Belum pernah aku
merasakan hatiku se-patah ini. Rasanya sungguh kecewa, ingin marah, namun helpless. Siapa pun yang berkesempatan
untuk studi di sebuah perguruan tinggi di luar negeri pasti menginginkan untuk
merasakan pengalaman nyata belajar di Negara tujuan. Namun saat ini aku tak
kuasa untuk menerima keadaan yang mengharuskanku untuk menjadi mahasiswa dari
sebuah universitas di luar negeri tapi tak dapat berangkat ke Negara tujuanku
studi.
Aku berusaha untuk
mendamaikan diri. Meyakinkan diri bahwa hal ini harus diterima karena memang
sekarang sedang dalam situasi pandemi.
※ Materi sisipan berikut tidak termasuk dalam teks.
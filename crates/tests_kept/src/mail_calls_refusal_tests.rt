// Changes that the keeper refuses (RFC 8620, section 3.6.2: serverFail), and the same again.
use crate::asking::Asking::{self, Blob, Method, States, Upload};
use crate::asking::{expect_over, nothing, sure};
use jm_base::{NoMemory, Numbers};
use keep_port::MemoryKeeper;
use mail_calls::MailRules;
use std::alloc::Global;

const SET: Asking = Method(
    "Mailbox/set",
    "{\"accountId\":\"A\",\"create\":{\"a\":{\"name\":\"A\"}},\"ifInState\":\"0\"}",
);

const MADE: &str =
    "{\"accountId\":\"A\",\"created\":{\"a\":{\"id\":\"M1\",\"isSubscribed\":true,\"myRights\":{\"mayAddItems\":true,\"mayCreateChild\":true,\"mayDelete\":true,\"mayReadItems\":true,\"mayRemoveItems\":true,\"mayRename\":true,\"maySetKeywords\":true,\"maySetSeen\":true,\"maySubmit\":false},\"parentId\":null,\"role\":null,\"sortOrder\":0,\"totalEmails\":0,\"totalThreads\":0,\"unreadEmails\":0,\"unreadThreads\":0}},\"destroyed\":null,\"newState\":\"1\",\"notCreated\":null,\"notDestroyed\":null,\"notUpdated\":null,\"oldState\":\"0\",\"updated\":null}";

const GET: Asking = Method(
    "Mailbox/get",
    "{\"accountId\":\"A\",\"ids\":null,\"properties\":[\"name\"]}",
);

const NONE: &str = "{\"accountId\":\"A\",\"list\":[],\"notFound\":[],\"state\":\"0\"}";

const ONE: &str =
    "{\"accountId\":\"A\",\"list\":[{\"id\":\"M1\",\"name\":\"A\"}],\"notFound\":[],\"state\":\"1\"}";

// What is asked in turn over a keeper whose first and third calls of `append` fail, and the answers.
const ROWS: &[(Asking, &str)] = &[
    (SET, "{\"type\":\"serverFail\"}"),
    (States, "0 0 0"),
    (GET, NONE),
    (SET, MADE),
    (Upload("hi"), "failed"),
    (Blob("b1"), "none"),
    (States, "1 0 0"),
    (GET, ONE),
    (Upload("hi"), "1"),
    (Blob("b1"), "hi"),
    (States, "1 0 0"),
    (GET, ONE),
];

// A keeper in memory without rows, whose first and third calls of `append` fail.
fn failing(alloc: Global) -> Result<MemoryKeeper, NoMemory> {
    let mut appends = Numbers::new(alloc);
    appends.push(1)?;
    appends.push(3)?;
    let none = Numbers::new(alloc);
    Ok(MemoryKeeper::build_failing(alloc, nothing(alloc), none, appends, Numbers::new(alloc)))
}

#[test]
fn a_change_that_is_not_kept_is_refused_and_may_be_asked_again(rt: HostRuntime) {
    let alloc = rt.alloc();
    let keeper = sure(&rt, failing(alloc));
    let (count, keeper) = expect_over(&rt, alloc, keeper, MailRules, ROWS);
    assert_eq!(rt; count, 4);
    assert_eq!(rt; keeper.kept().rows.len(), 2);
}
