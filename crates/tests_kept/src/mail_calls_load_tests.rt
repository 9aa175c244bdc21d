// An account whose keeper fails to load is not opened, and the keeper comes back with its content.
use crate::asking::{stop, sure};
use account_book::{Book, Rules, StartFault};
use jm_base::{Bytes, Numbers, Rows};
use keep_port::{Keeper, Kept, MemoryKeeper};
use mail_calls::MailRules;
use std::alloc::Global;
use std::process::Abort;

// The keeper that comes back when an account over it is not opened because it failed. Any other
// outcome ends the test.
fn keeper_back<A: Abort, K: Keeper, R: Rules>(rt: &A, alloc: Global, keeper: K, rules: R) -> K {
    match Book::start(alloc, keeper, rules) {
        Ok(_) => stop(rt),
        Err((fault, keeper)) => {
            assert!(rt; fault == StartFault::KeeperFault);
            keeper
        }
    }
}

// A keeper in memory of two rows, whose first call of `load` fails.
fn failing<A: Abort>(rt: &A, alloc: Global) -> MemoryKeeper {
    let mut rows = Rows::new(alloc);
    sure(rt, rows.push(Bytes::new(alloc)));
    sure(rt, rows.push(Bytes::new(alloc)));
    let kept = Kept { base: None, rows };
    let mut loads = Numbers::new(alloc);
    sure(rt, loads.push(1));
    MemoryKeeper::build_failing(alloc, kept, loads, Numbers::new(alloc), Numbers::new(alloc))
}

#[test]
fn a_load_that_fails_gives_the_keeper_back(rt: HostRuntime) {
    let alloc = rt.alloc();
    let keeper = keeper_back(&rt, alloc, failing(&rt, alloc), MailRules);
    assert_eq!(rt; keeper.kept().rows.len(), 2);
}
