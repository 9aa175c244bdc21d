// A message once it is read, and the views of its parts (RFC 8621, section 4.1.4).
ghost use Rattle.std.specs.Prelude.{◌≡◌, IfOk};
ghost use Rattle.jm_json.specs.Json.{tree_of as json_of};
ghost use Rattle.jm_json.specs.Tree.{boolean, text as text_tree};
ghost use Rattle.mime_tree.specs.PartLimit.{parts_of};
ghost use Rattle.mail_summary.specs.Leaves.{has_attachment_in};
ghost use Rattle.mail_summary.specs.Texts;
ghost use Rattle.mail_view.specs.Messages.{IsRead, message_leaves, message_lists, message_structure};

use crate::part::Showing;
use crate::part_list::write_leaves;
use crate::structure::write_structure;
use body_lists::BodyLists;
use jm_base::{NoMemory, Numbers};
use jm_json::Json;
use mail_summary::{build_preview, has_attachment};
use mime_lines::FieldSpans;
use mime_type::Part;
use std::alloc::Global;

/// A message that was read once: its header fields, its parts as a tree and in walk order, and the
/// three lists of its leaves.
#[derive(Clone, Copy)]
pub(crate) struct Message<'a> {
    pub showing: Showing<'a>,
    pub fields: &'a FieldSpans,
    pub root: &'a Part,
    pub parts: &'a [&'a Part],
    pub lists: &'a BodyLists,
}

// Returns the leaves of these numbers.
fn write_leaf_list(
    alloc: Global,
    message: &Message<'_>,
    numbers: &Numbers,
) -> Result<Json, NoMemory>
    requires { IsRead message.now }
    ensures { IfOk result (λ t. json_of t ≡ message_leaves message.now numbers.now) }
{
    let items = write_leaves(alloc, &message.showing, message.parts, numbers.as_slice())?;
    Ok(Json::List(items))
}

/// Returns textBody: the parts to show as plain text.
pub(crate) fn write_text_body(alloc: Global, message: &Message<'_>) -> Result<Json, NoMemory>
    requires { IsRead message.now }
    ensures { IfOk result (λ t.
        json_of t ≡ message_leaves message.now (message_lists message.now).text) }
{
    write_leaf_list(alloc, message, &message.lists.text)
}

/// Returns htmlBody: the parts to show as HTML.
pub(crate) fn write_html_body(alloc: Global, message: &Message<'_>) -> Result<Json, NoMemory>
    requires { IsRead message.now }
    ensures { IfOk result (λ t.
        json_of t ≡ message_leaves message.now (message_lists message.now).html) }
{
    write_leaf_list(alloc, message, &message.lists.html)
}

/// Returns attachments: the parts that are in neither, and media that only one of the two shows.
pub(crate) fn write_attachments(alloc: Global, message: &Message<'_>) -> Result<Json, NoMemory>
    requires { IsRead message.now }
    ensures { IfOk result (λ t.
        json_of t ≡ message_leaves message.now (message_lists message.now).attachments) }
{
    write_leaf_list(alloc, message, &message.lists.attachments)
}

/// Returns bodyStructure: the parts as a tree.
pub(crate) fn write_body_structure(alloc: Global, message: &Message<'_>) -> Result<Json, NoMemory>
    requires { IsRead message.now }
    ensures { IfOk result (λ t. json_of t ≡ message_structure message.now) }
{
    write_structure(alloc, &message.showing, message.root)
}

/// Returns hasAttachment: whether an attachment is not to be shown inline.
pub(crate) fn write_has_attachment(alloc: Global, message: &Message<'_>) -> Result<Json, NoMemory>
    requires { IsRead message.now }
    ensures { IfOk result (λ t.
        json_of t ≡ boolean (has_attachment_in (parts_of message.now.showing.bytes.now))) }
{
    Ok(Json::Bool(has_attachment(alloc, message.root)?))
}

/// Returns preview: the first characters of the text body.
pub(crate) fn write_preview(alloc: Global, message: &Message<'_>) -> Result<Json, NoMemory>
    requires { IsRead message.now }
    ensures { IfOk result (λ t.
        json_of t ≡ text_tree (Texts.preview message.now.showing.bytes.now)) }
{
    let numbers = message.lists.text.as_slice();
    let words = build_preview(alloc, message.showing.bytes, message.root, numbers)?;
    Ok(Json::Text(words))
}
Namun susah untuk meyakinkan diri
tentang hal ini, ketika mengetahui teman-temanku sudah pada berangkat ke Negara
pilihan mereka masing-masing. Australia memang membuat keputusan yang berbeda
dari Negara-negara lain dalam menyikapi pandemi. Orang luar tidak diijinkan
masuk ke wilayah Australia, tak terkecuali mahasiswa asing. Jangankan mahasiswa
asing, warganya sendiri yang terdampar di luar negeri banyak yang tidak
diijinkan untuk kembali. Hanya mereka yang benar-benar memiliki kualifikasi
tertentu yang dibolehkan untuk masuk ke Negara ini, pejabat Negara, misalnya.
Aku sering kena
mental, ketika melihat dan mendengar segala sesuatu yang berhubungan dengan aktivitas
teman-temanku yang begitu normal di Australia sekarang ini. Tak ada masker tak ada
jaga jarak maupun hand-sanitizer. Smua berjalan normal layaknya kehidupan
sebelum pandemi. Aku punya hak untuk hadir di sana, karena aku bayar lunas,
melalui dana beasiswa yang disediakan oleh negeriku. Rasanya aku ingin marah,
tapi apa daya. Kenapa mereka tidak menggunakan skema karantina saja, untuk
mahasiswa asing yang mau datang kesana. Kami siap bayar sendiri. Kalo mau,
tempatkan kami di pusat-pusat karantina yang letaknya jauh dari pemukiman selama
sebulan penuh. Kami masih mampu bayar. Tetapi si Scott Morrison terlalu bangs*t!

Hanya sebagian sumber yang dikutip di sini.